| Instructions to follow |
Scan the records beneath this line for the line holding "pub(crate) fn at(&self, place: usize)" and the line holding "place, for writing.", then transcribe exactly those two and all lines between.

| The records |

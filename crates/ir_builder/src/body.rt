//! The code of a function's body.
ghost use Rattle.std.specs.Prelude.{◌≡◌, ℕ, suc, ◌≤◌, ◌<◌, ◌^◌, [], ◌∷◌, map, length, OnOk, false};
ghost use Rattle.std.specs.Option.{option_map, option_copied};
ghost use Rattle.py_typed.specs.Sorts.{sort};
ghost use Rattle.py_typed.specs.Statements.{typed_module, typed_suite, variable};
ghost use Rattle.ir_builder_frames.specs.Settings.{setting};
ghost use Rattle.ir_builder_frames.specs.Kinds.{LiteralFits};
ghost use Rattle.ir_builder_frames.specs.Matching.{HasRoom};
ghost use Rattle.ir_builder_frames.specs.Shaped.{AllFit};
ghost use Rattle.ir_builder_frames.specs.Lines.{OwnLines};
ghost use Rattle.ir_builder_loops_and_jumps.specs.Means.{means_suite};
ghost use Rattle.ir_builder_statements.specs.Kinds.{GivesResult};
ghost use Rattle.ir_builder_statements.specs.Suiting.{SuiteSuits};
ghost use Rattle.ir_builder_statements.specs.Lined.{body as body_piece, LinedPieces};
ghost use Rattle.ir_builder.specs.Bodies.{Filled, Bodied, body_frame};

use ir_builder_expressions::Site;
use ir_builder_frames::{Emitter, Frame, Vars};
use ir_builder_statements::emit_block;
use ir_core::{Last, Lit, RType};
use py_typed::{Checked, TStmt, Ty, Var};
use std::alloc::Global;
use value_core::Memory;

/// The line of what no statement stands for.
pub const NO_LINE: usize = 0;

/// Emits the body of a function, which gives a literal of a type where its statements come to their end.
pub fn emit_body(
    b: &mut Emitter,
    alloc: Global,
    checked: &Checked,
    locals: &[Var],
    vars: Vars,
    gives: Option<&Ty>,
    t: RType,
    last: Lit,
    body: &[TStmt],
) -> Result<(), Memory>
    requires suits { SuiteSuits (typed_module checked.now) (map variable locals.now) (option_map sort (option_copied gives)) false (typed_suite body.now) }
    requires room { HasRoom (setting checked.now locals.now (body_frame vars)) b.old }
    requires result { GivesResult (option_map sort (option_copied gives)) b.old.among }
    requires ret { b.old.among.ret ≡ t }
    requires literal { LiteralFits t last }
    ensures bodied { OnOk result (Bodied (setting checked.now locals.now (body_frame vars)) (option_map sort (option_copied gives.entry)) t last (means_suite (setting checked.now locals.now (body_frame vars)) (typed_suite body.now)) b.old b.new) }
    ensures fits { OnOk result ((m : ℕ) → length b.new.blocks ≡ suc m → AllFit m 0 b.new.blocks) }
    ensures lined { OnOk result (LinedPieces (setting checked.now locals.now (body_frame vars)) 0 (body_piece (typed_suite body.now) ∷ []) b.old b.new) }
    ensures few { OnOk result (length b.new.blocks < 2 ^ 64) }
{
    let start = b.here();
    let frame = Frame {
        locals: vars,
        ret: None,
    };
    let site = Site {
        alloc,
        checked,
        locals,
        frame,
        line: NO_LINE,
    };
    let mut exits = Vec::new(alloc);
    emit_block(b, site, gives, false, body, &mut exits)?;
    let r = b.literal(t, last, NO_LINE)?;
    let end = b.here();
    b.close(Last::Return(r))?;
    fill(b, start, end);
    // there are no more blocks than numbers
    let _count = b.here();
    Ok(())
}

// Writes the ends that are still open in a stretch, as jumps to the block behind it. No run comes to them.
fn fill(b: &mut Emitter, from: usize, to: usize)
    requires order { from ≤ to }
    requires room { to ≤ length b.old.blocks }
    ensures filled { Filled b.old b.new from to to }
    ensures within { (m : ℕ) → to ≤ m → AllFit m 0 b.old.blocks → AllFit m 0 b.new.blocks }
    ensures lined { (l : ℕ) → OwnLines l b.old b.new }
{
    for k in from..to {
        if b.is_open(k) {
            b.patch(k, Last::Goto(to));
        }
    }
}
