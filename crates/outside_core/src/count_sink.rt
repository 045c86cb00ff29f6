ghost use Rattle.std.specs.Prelude.{◌≡◌, ◌+◌, min, length, Ok, IsOk};
ghost use Rattle.outside_core.specs.Counts.{count_end};

use crate::failed::Failed;
use crate::sink::Sink;
use std::marker::Model;

/// A sink that never fails and keeps only how many bytes it took. Contracts see it as that number,
/// which stands still at 2^64 - 1.
#[derive(Default, Drop)]
pub struct CountSink {
    taken: u64,
}

impl Model for CountSink {
    ghost use Rattle.std.specs.Prelude.{ℕ};

    ghost Value = { ℕ };

    ghost view = { λ sink. sink.taken };
}

impl CountSink {
    /// A sink that took nothing.
    pub fn new() -> CountSink
        ensures { result ≡ 0 }
    {
        CountSink { taken: 0 }
    }

    /// How many bytes it took.
    pub fn taken(&self) -> u64
        ensures { result ≡ self.now }
    {
        self.taken
    }
}

impl Sink for CountSink {
    ghost faults = { λ _. 0 };

    /// Takes the whole piece.
    fn write(&mut self, piece: &[u8]) -> Result<usize, Failed>
        ensures answer { result ≡ Ok (length piece.now) }
        ensures counted { self.new ≡ min (self.old + length piece.now) count_end }
    {
        self.taken = self.taken.saturating_add(piece.len() as u64);
        Ok(piece.len())
    }

    fn flush(&mut self) -> Result<(), Failed>
        ensures answer { IsOk result }
        ensures after { self.new ≡ self.old }
    {
        Ok(())
    }
}
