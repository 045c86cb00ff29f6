//! The outside: the files that a program reads, the bytes that come in, and where its bytes go.
//!
//! Three traits say what any such object does, whoever stands behind it: `Files`, `Source` and
//! `Sink`. Each counts its faults, and a call answers `Failed` exactly where it counts one more. An
//! object may tell its content, and then each byte that it gives or takes is accounted for. So who
//! sees only a trait knows of each call whether it failed, what it moved, and that nothing else
//! changed. `specs/Counts.antt` has the counts, and `specs/Bytes.antt` what is given and taken.
//!
//! Behind the traits stand memory that fails where it is told to (`MemFiles`, `MemSource`,
//! `MemSink`), memory that never fails (`CalmFiles`, `CalmSource`), a counter (`CountSink`), and the
//! real files and streams (`DiskFiles`, `StreamSource`, `StreamSink`). `read_whole` and
//! `write_whole` make many calls of one. `proofs/Rises.antt` and `proofs/Fronts.antt` have what
//! follows over many calls.
#![tactic(auto)]

mod calls;
mod calm_files;
mod calm_source;
mod copy;
mod count_sink;
mod disk_files;
mod failed;
mod faults;
mod files;
mod mem_files;
mod mem_sink;
mod mem_source;
mod read_error;
mod sink;
mod source;
mod stream_sink;
mod stream_source;
mod whole;

pub use calm_files::CalmFiles;
pub use calm_source::CalmSource;
pub use count_sink::CountSink;
pub use disk_files::DiskFiles;
pub use failed::{Failed, WriteFault};
pub use files::Files;
pub use mem_files::MemFiles;
pub use mem_sink::MemSink;
pub use mem_source::MemSource;
pub use read_error::ReadError;
pub use sink::Sink;
pub use source::Source;
pub use stream_sink::StreamSink;
pub use stream_source::StreamSource;
pub use whole::{read_whole, write_whole};
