ghost use Rattle.std.specs.Prelude.{◌≡◌, ◌≤◌, length, IfOk};
ghost use Rattle.std.specs.Io.KnownBytes.{ReadConsumes};
ghost use Rattle.outside_core.specs.Counts.{count_end, count_after};
ghost use Rattle.outside_core.specs.Streams.{read_stream};

use crate::failed::Failed;
use crate::faults::Faults;
use crate::source::Source;
use std::io::Read;

/// A real stream that is read, as the standard input. It tells nothing of its content.
#[derive(Drop)]
pub struct StreamSource<R> {
    from: R,
    faults: Faults,
}

impl<R: Read> StreamSource<R> {
    /// Reads from a stream, such as the reader that the runtime gives.
    pub fn new(from: R) -> StreamSource<R>
        ensures { ⟦<StreamSource<R> as Source>⟧.faults result ≡ 0 }
    {
        StreamSource {
            from,
            faults: Faults::new(),
        }
    }

    /// How many reads failed.
    pub fn faults(&self) -> u64
        ensures { result ≡ ⟦<StreamSource<R> as Source>⟧.faults self.now }
    {
        self.faults.count()
    }
}

impl<R: Read> Source for StreamSource<R> {
    ghost faults = { λ source. source.faults };

    /// Gives what the stream gives, and fails where it fails.
    fn read(&mut self, into: &mut [u8]) -> Result<usize, Failed>
        ensures counted { ⟦<StreamSource<R> as Source>⟧.faults self.new
            ≡ count_after result (⟦<StreamSource<R> as Source>⟧.faults self.old) }
        ensures bounded { ⟦<StreamSource<R> as Source>⟧.faults self.new ≤ count_end }
        ensures within { IfOk result (λ n. n ≤ length into.new) }
        ensures bytes { ReadConsumes (R.remaining (read_stream self.old))
            (R.remaining (read_stream self.new)) result into.new }
    {
        let answer = self.from.read(into);
        self.faults.counted(answer)
    }
}
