//! The slots of an arena, seen as a list with room for more.
ghost use Rattle.std.specs.Prelude.{◌≡◌, ◌+◌, ◌<◌, ◌≤◌, ◌^◌, [], ◌∷◌, ◌++◌, length, slice_get, slice_set, Some, OnOk, OnErr};
ghost use Rattle.std.specs.Borrow.{sem};

use crate::room::Room;
use crate::slot::Slot;
use std::alloc::Global;
use std::marker::Model;
use std::mem;
use value_core::Memory;

/// The slots that were used so far, and memory for some more.
#[derive(Drop)]
pub(crate) struct Slots<T> {
    alloc: Global,
    memory: SlotMemory<T>,
}

/// Memory for slots, or none.
#[derive(Drop)]
enum SlotMemory<T> {
    Missing,
    Present(Room<Slot<T>>),
}

impl<T> Model for Slots<T> {
    ghost use Rattle.slot_arena.specs.Places.{Places};
    ghost use Rattle.slot_arena.specs.SlotMemory.{places_in};
    ghost use Rattle.slot_arena.specs.declared.slot.Slot.{Slot as Place};

    ghost Value = { Places (Place T) };

    ghost view = { λ s. places_in s.memory };
}

impl<T> SlotMemory<T> {
    ghost use Rattle.slot_arena.specs.Lends.{LendsMemory};
    ghost use Rattle.slot_arena.specs.SlotMemory.{places_in};

    fn at_mut(&mut self, place: usize) -> &mut Slot<T>
        requires { place < length (places_in self.old).slots }
        ensures* writes_back { sem 𝓛 (LendsMemory T.row self.entry place result) }
        ensures slot { slice_get (places_in self.old).slots place ≡ Some result.now }
    {
        match self {
            SlotMemory::Present(room) => room.at_mut(place),
            SlotMemory::Missing => unreachable!(),
        }
    }
}

impl<T> Slots<T> {
    ghost use Rattle.slot_arena.specs.Lends.{LendsSlot};

    /// No slots, and no memory.
    pub(crate) fn new(alloc: Global) -> Slots<T>
        ensures slots { result.slots ≡ [] }
        ensures capacity { result.capacity ≡ 0 }
    {
        Slots {
            alloc,
            memory: SlotMemory::Missing,
        }
    }

    /// How many slots were used so far.
    pub(crate) fn len(&self) -> usize
        ensures { result ≡ length self.now.slots }
    {
        match &self.memory {
            SlotMemory::Present(room) => room.len(),
            SlotMemory::Missing => 0,
        }
    }

    /// For how many slots there is memory.
    pub(crate) fn capacity(&self) -> usize
        ensures { result ≡ self.now.capacity }
    {
        match &self.memory {
            SlotMemory::Present(room) => room.capacity(),
            SlotMemory::Missing => 0,
        }
    }

    /// Takes memory for `more` slots beyond those for which there is memory, or for more. Without memory nothing changes.
    pub(crate) fn grow(&mut self, more: usize) -> Result<(), Memory>
        requires { length self.old.slots ≤ self.old.capacity }
        ensures slots { self.new.slots ≡ self.old.slots }
        ensures ok { OnOk result (self.old.capacity + more ≤ self.new.capacity) }
        ensures err { OnErr result (self.new ≡ self.old) }
        ensures fits { self.new.capacity < 2 ^ 64 }
    {
        let capacity = self.capacity();
        // At least twice as many, so that slots are seldom moved.
        let capacity = capacity.checked_add(more.max(capacity)).ok_or(Memory)?;
        match &mut self.memory {
            SlotMemory::Present(room) => room.move_to(capacity),
            SlotMemory::Missing => {
                let room = Room::new(self.alloc, capacity)?;
                match mem::replace(&mut self.memory, SlotMemory::Present(room)) {
                    SlotMemory::Missing => Ok(()),
                    SlotMemory::Present(_) => unreachable!(),
                }
            }
        }
    }

    /// The slot at a place.
    pub(crate) fn at(&self, place: usize) -> &Slot<T>
        requires { place < length self.now.slots }
        ensures { slice_get self.now.slots place ≡ Some result.now }
    {
        match &self.memory {
            SlotMemory::Present(room) => room.at(place),
            SlotMemory::Missing => unreachable!(),
        }
    }

    /// The slot at a place, for writing.
    pub(crate) fn at_mut(&mut self, place: usize) -> &mut Slot<T>
        requires { place < length self.old.slots }
        ensures* writes_back { sem 𝓛 (LendsSlot T.row self.entry place result) }
        ensures slot { slice_get self.old.slots place ≡ Some result.now }
    {
        self.memory.at_mut(place)
    }

    /// Uses one slot more.
    pub(crate) fn push(&mut self, slot: Slot<T>)
        requires { length self.old.slots < self.old.capacity }
        ensures slots { self.new.slots ≡ self.old.slots ++ slot ∷ [] }
        ensures capacity { self.new.capacity ≡ self.old.capacity }
    {
        match &mut self.memory {
            SlotMemory::Present(room) => room.push(slot),
            SlotMemory::Missing => unreachable!(),
        }
    }

    /// Puts a slot at a place, and hands out the one that was there.
    pub(crate) fn replace(&mut self, place: usize, slot: Slot<T>) -> Slot<T>
        requires { place < length self.old.slots }
        ensures was { slice_get self.old.slots place ≡ Some result }
        ensures slots { self.new ≡ record self.old { slots = slice_set self.old.slots place slot } }
    {
        match &mut self.memory {
            SlotMemory::Present(room) => room.replace(place, slot),
            SlotMemory::Missing => unreachable!(),
        }
    }
}
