ghost use Rattle.std.specs.Prelude.{◌≡◌, ◌≤◌, false, length, is_some, IfOk};

use crate::failed::Failed;
use crate::faults::Faults;
use crate::files::Files;
use std::io::{Input, Read};
use std::{fs, io, rt};

/// The files of the disk. The name `-` is the standard input. They tell nothing of their content.
#[derive(Drop)]
pub struct DiskFiles<R: rt::Files + Input> {
    rt: R,
    reader: Option<Reader<R>>,
    faults: Faults,
}

/// What is open.
#[derive(Drop)]
enum Reader<R: rt::Files + Input> {
    File(R::File),
    Input(R::Reader),
}

impl<R: rt::Files + Input> Reader<R> {
    fn read(&mut self, into: &mut [u8]) -> io::Result<usize>
        ensures { IfOk result (λ n. n ≤ length into.new) }
    {
        match self {
            Reader::File(file) => file.read(into),
            Reader::Input(input) => input.read(into),
        }
    }
}

impl<R: rt::Files + Input> DiskFiles<R> {
    /// The files that the runtime reaches. None is open.
    pub fn new(rt: R) -> DiskFiles<R>
        ensures closed { ⟦<DiskFiles<R> as Files>⟧.is_open result ≡ false }
        ensures calm { ⟦<DiskFiles<R> as Files>⟧.faults result ≡ 0 }
    {
        DiskFiles {
            rt,
            reader: None,
            faults: Faults::new(),
        }
    }

    /// How many calls failed.
    pub fn faults(&self) -> u64
        ensures { result ≡ ⟦<DiskFiles<R> as Files>⟧.faults self.now }
    {
        self.faults.count()
    }

    fn reader_of(&self, name: &str) -> io::Result<Reader<R>> {
        if name == "-" {
            return Ok(Reader::Input(self.rt.reader()));
        }
        Ok(Reader::File(fs::open(&self.rt, name)?))
    }
}

impl<R: rt::Files + Input> Files for DiskFiles<R> {
    ghost faults = { λ files. files.faults };

    ghost is_open = { λ files. is_some files.reader };

    fn open_file(&mut self, name: &str) -> Result<(), Failed> {
        self.reader = None;
        let answer = self.reader_of(name);
        self.reader = Some(self.faults.counted(answer)?);
        Ok(())
    }

    fn read(&mut self, into: &mut [u8]) -> Result<usize, Failed> {
        let answer = self.reader.as_mut().unwrap().read(into);
        self.faults.counted(answer)
    }
}
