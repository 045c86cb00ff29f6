ghost use Rattle.std.specs.Prelude.{◌≡◌, ℕ, List, [], ◌++◌, ◌<◌, ◌≤◌, Bool, false, length, take, IsTrue, IfOk, OnErr};
ghost use Rattle.outside_core.specs.Counts.{count_end, count_after};

use crate::failed::Failed;

/// Where bytes go.
pub trait Sink {
    /// How many calls failed so far. The number stands still at 2^64 - 1.
    ghost faults: { Self → ℕ };

    /// Whether the sink tells which bytes it took. It is a matter of the type.
    ghost tells: { Bool } = { false };

    /// The bytes taken so far, where the sink tells.
    ghost taken: { Self → List ℕ } = { λ _. [] };

    /// Takes bytes from the front of a piece, and answers how many: at least one, where the piece
    /// has any. After `Failed` nothing of the piece was taken.
    fn write(&mut self, piece: &[u8]) -> Result<usize, Failed>
        ensures counted { faults self.new ≡ count_after result (faults self.old) }
        ensures bounded { faults self.new ≤ count_end }
        ensures within { IfOk result (λ n. n ≤ length piece.now) }
        ensures some { IfOk result (λ n. 0 < length piece.now → 0 < n) }
        ensures taken { IfOk result (λ n. IsTrue tells →
            taken self.new ≡ taken self.old ++ take n piece.now) }
        ensures failed { OnErr result (taken self.new ≡ taken self.old) };

    /// Passes on what the sink may hold back. Nothing more is taken.
    fn flush(&mut self) -> Result<(), Failed>
        ensures counted { faults self.new ≡ count_after result (faults self.old) }
        ensures bounded { faults self.new ≤ count_end }
        ensures taken { taken self.new ≡ taken self.old };
}
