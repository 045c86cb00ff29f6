//! From a typed module to a program of intermediate code.
//!
//! What comes in is a `Checked` that is well typed and whose forms are all compiled (`ModuleSuits` of `ir_builder_statements`); what goes
//! out is its `Program` (`build`). For every number of turns and all input the program does what the module does (`specs/Meaning.antt`); no run of
//! it is stuck; it has its shape, so that its C text is well formed and none of its operations counts references; behind
//! no operation that may fail stands a test of its result; and one that may fail has the line of the expression or of the statement
//! whose own it is.
//!
//! `specs/Registers.antt` says with which registers a function begins, `specs/Bodies.antt` what the code of its body does,
//! `specs/Lines.antt` which lines it has, and `specs/Functions.antt` what is built of each function and of the whole module.
#![tactic(auto)]

mod body;
mod functions;
mod program;
mod registers;

pub use program::build;
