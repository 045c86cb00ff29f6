//! The functions of a program.
ghost use Rattle.std.specs.Prelude.{◌≡◌, IfOk};
ghost use Rattle.py_typed.specs.Statements.{typed_module, typed_func};
ghost use Rattle.ir_builder_statements.specs.Modules.{ModuleSuits, FunctionSuits};
ghost use Rattle.ir_builder.specs.Functions.{end_literal, IsFunctionOf, IsOwnOf};

use crate::body::{NO_LINE, emit_body};
use crate::registers::{add_flags, registers_for, vars_of};
use ir_builder_expressions::register_type;
use ir_builder_frames::Emitter;
use ir_core::{Func, Lit, Op, RType};
use py_typed::{Checked, TFunc};
use std::alloc::Global;
use value_core::{Many, Memory, Name};

/// The code of a function.
#[tactic(auto, using(crate::proofs::FunctionLemmas::few_params, crate::proofs::FunctionLemmas::literal_fits))]
pub fn build_function(alloc: Global, checked: &Checked, f: &TFunc) -> Result<Func, Memory>
    requires module { ModuleSuits (typed_module checked.now) }
    requires function { FunctionSuits (typed_module checked.now) (typed_func f.now) }
    ensures { IfOk result (IsFunctionOf (typed_module checked.now) (typed_func f.now)) }
{
    let variables = registers_for(alloc, f.locals.as_slice())?;
    let ret = register_type(&f.ret);
    let mut b = Emitter::new(alloc, checked, ret, variables);
    let count = f.locals.len();
    let vars = vars_of(f.params, count)?;
    add_flags(&mut b, f.params, count)?;
    b.push(Op::Turn, NO_LINE)?;
    emit_body(
        &mut b,
        alloc,
        checked,
        f.locals.as_slice(),
        vars,
        Some(&f.ret),
        ret,
        end_of(ret),
        f.body.as_slice(),
    )?;
    let name = f.name.clone()?;
    Ok(b.finish(name, f.params))
}

/// The code of a module's own statements, which gives true at their end. It has no name.
pub fn build_own(alloc: Global, checked: &Checked) -> Result<Func, Memory>
    requires { ModuleSuits (typed_module checked.now) }
    ensures { IfOk result (IsOwnOf (typed_module checked.now)) }
{
    let mut b = Emitter::new(alloc, checked, RType::Bool, Many::new(alloc));
    let vars = vars_of(0, 0)?;
    emit_body(
        &mut b,
        alloc,
        checked,
        &[],
        vars,
        None,
        RType::Bool,
        Lit::Number(1),
        checked.top.as_slice(),
    )?;
    Ok(b.finish(Name::from_string(String::new(alloc)), 0))
}

// What the code of a function gives at its end, where its result has registers of a type.
fn end_of(ret: RType) -> Lit
    ensures { result ≡ end_literal ret }
{
    match ret {
        RType::Ref => Lit::PyNone,
        _ => Lit::Number(0),
    }
}
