ghost use Rattle.std.specs.Prelude.{◌≡◌};
ghost use Rattle.slot_arena.specs.Serials.{number_in, wide_of};

/// A number below 2^128 in two halves. It lies at any eighth byte, where a `u128` lies at a sixteenth alone.
#[derive(Clone, Copy, Debug, PartialEq, Eq)]
pub(crate) struct Wide {
    high: u64,
    low: u64,
}

impl Wide {
    pub(crate) fn of(number: u128) -> Wide
        ensures { result ≡ wide_of number }
    {
        Wide {
            high: (number >> 64) as u64,
            low: (number % (1 << 64)) as u64,
        }
    }

    pub(crate) fn number(self) -> u128
        ensures { result ≡ number_in self }
    {
        self.high as u128 * (1 << 64) + self.low as u128
    }
}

| Answer to the exercise |
    pub(crate) fn at(&self, place: usize) -> &Slot<T>
        requires { place < length self.now.slots }
        ensures { slice_get self.now.slots place ≡ Some result.now }
    {
        match &self.memory {
            SlotMemory::Present(room) => room.at(place),
            SlotMemory::Missing => unreachable!(),
        }
    }

    /// The slot at a place, for writing.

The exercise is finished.